Stored data entries
======
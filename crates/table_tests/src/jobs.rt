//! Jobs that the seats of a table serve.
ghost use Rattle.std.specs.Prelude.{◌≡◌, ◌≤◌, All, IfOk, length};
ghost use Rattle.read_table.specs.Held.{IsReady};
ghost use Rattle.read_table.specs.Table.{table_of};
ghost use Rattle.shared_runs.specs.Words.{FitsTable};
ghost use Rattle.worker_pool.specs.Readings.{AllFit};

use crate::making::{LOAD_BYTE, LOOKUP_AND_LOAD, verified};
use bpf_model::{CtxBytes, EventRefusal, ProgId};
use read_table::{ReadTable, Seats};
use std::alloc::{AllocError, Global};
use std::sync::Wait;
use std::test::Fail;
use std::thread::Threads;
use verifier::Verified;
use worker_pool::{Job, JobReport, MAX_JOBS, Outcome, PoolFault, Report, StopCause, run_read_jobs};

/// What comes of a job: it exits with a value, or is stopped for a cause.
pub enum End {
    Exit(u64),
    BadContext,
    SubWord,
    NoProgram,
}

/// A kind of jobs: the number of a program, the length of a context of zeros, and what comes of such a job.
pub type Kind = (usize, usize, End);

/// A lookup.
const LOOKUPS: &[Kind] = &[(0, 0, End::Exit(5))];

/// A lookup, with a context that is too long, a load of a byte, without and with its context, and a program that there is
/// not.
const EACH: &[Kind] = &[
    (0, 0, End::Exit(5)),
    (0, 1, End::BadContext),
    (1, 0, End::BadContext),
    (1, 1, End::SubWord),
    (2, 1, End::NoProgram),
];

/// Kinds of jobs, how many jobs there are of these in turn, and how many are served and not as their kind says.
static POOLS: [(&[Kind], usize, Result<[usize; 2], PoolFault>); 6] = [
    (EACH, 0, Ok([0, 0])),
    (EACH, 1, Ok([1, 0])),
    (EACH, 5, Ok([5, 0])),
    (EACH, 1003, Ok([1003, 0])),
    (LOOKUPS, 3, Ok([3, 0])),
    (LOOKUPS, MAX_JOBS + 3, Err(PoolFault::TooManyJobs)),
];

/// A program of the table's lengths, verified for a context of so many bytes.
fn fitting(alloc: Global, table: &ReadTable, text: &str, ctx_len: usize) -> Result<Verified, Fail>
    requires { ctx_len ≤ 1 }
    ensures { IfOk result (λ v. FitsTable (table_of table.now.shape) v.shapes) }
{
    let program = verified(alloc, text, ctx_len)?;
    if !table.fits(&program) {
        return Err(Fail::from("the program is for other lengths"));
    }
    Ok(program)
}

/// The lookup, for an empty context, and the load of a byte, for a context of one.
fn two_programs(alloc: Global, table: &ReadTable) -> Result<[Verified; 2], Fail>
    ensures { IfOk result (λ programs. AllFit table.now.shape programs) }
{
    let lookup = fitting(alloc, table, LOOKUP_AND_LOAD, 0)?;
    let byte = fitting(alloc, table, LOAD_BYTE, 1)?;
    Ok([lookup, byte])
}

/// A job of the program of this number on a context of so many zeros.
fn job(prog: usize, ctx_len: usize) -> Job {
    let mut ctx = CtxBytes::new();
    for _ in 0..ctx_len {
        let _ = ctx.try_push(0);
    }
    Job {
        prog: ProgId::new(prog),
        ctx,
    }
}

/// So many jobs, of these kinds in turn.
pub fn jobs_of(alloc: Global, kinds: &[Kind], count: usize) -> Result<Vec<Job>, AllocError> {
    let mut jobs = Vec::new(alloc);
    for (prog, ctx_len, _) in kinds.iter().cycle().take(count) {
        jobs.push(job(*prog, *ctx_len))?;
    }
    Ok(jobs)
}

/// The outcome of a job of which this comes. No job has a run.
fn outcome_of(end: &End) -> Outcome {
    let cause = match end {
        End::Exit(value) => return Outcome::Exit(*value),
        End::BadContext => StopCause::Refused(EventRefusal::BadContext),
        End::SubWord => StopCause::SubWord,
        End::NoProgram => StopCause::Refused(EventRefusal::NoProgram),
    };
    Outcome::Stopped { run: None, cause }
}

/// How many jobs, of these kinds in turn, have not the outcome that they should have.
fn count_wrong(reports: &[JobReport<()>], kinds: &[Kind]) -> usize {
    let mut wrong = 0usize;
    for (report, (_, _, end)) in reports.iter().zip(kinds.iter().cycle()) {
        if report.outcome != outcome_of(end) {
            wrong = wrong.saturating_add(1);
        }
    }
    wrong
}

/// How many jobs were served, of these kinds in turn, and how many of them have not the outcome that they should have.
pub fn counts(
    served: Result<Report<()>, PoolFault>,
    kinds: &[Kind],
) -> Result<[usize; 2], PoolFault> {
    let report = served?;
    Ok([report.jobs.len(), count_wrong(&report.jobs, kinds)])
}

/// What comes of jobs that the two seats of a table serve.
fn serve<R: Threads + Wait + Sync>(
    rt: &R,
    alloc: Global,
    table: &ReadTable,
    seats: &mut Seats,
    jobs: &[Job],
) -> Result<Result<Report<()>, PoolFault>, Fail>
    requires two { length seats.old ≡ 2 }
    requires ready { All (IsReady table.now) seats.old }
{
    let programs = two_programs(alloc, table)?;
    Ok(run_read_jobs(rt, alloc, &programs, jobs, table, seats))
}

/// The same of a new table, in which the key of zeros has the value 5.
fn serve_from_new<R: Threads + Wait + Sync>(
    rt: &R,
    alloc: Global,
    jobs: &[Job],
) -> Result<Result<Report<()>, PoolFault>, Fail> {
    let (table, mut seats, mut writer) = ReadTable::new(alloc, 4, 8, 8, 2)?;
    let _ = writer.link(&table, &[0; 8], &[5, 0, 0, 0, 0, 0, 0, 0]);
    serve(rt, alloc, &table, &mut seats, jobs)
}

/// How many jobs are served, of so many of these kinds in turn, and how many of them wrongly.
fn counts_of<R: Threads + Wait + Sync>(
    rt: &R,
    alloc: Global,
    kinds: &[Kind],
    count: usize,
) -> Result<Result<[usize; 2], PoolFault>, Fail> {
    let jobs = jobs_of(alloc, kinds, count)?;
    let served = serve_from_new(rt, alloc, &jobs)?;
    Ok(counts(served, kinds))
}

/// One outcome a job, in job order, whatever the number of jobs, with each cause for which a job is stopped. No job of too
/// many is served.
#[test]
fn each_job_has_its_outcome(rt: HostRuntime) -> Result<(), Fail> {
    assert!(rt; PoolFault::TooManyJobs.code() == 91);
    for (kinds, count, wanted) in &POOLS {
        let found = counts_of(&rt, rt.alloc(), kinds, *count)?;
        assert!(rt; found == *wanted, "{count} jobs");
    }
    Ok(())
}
======
_EXERCISE INSTRUCTIONS_: What lines of the data contain the string "this"? List them.

_OUTPUT_:
/// A job of the program of this number on a context of so many zeros.
/// The outcome of a job of which this comes. No job has a run.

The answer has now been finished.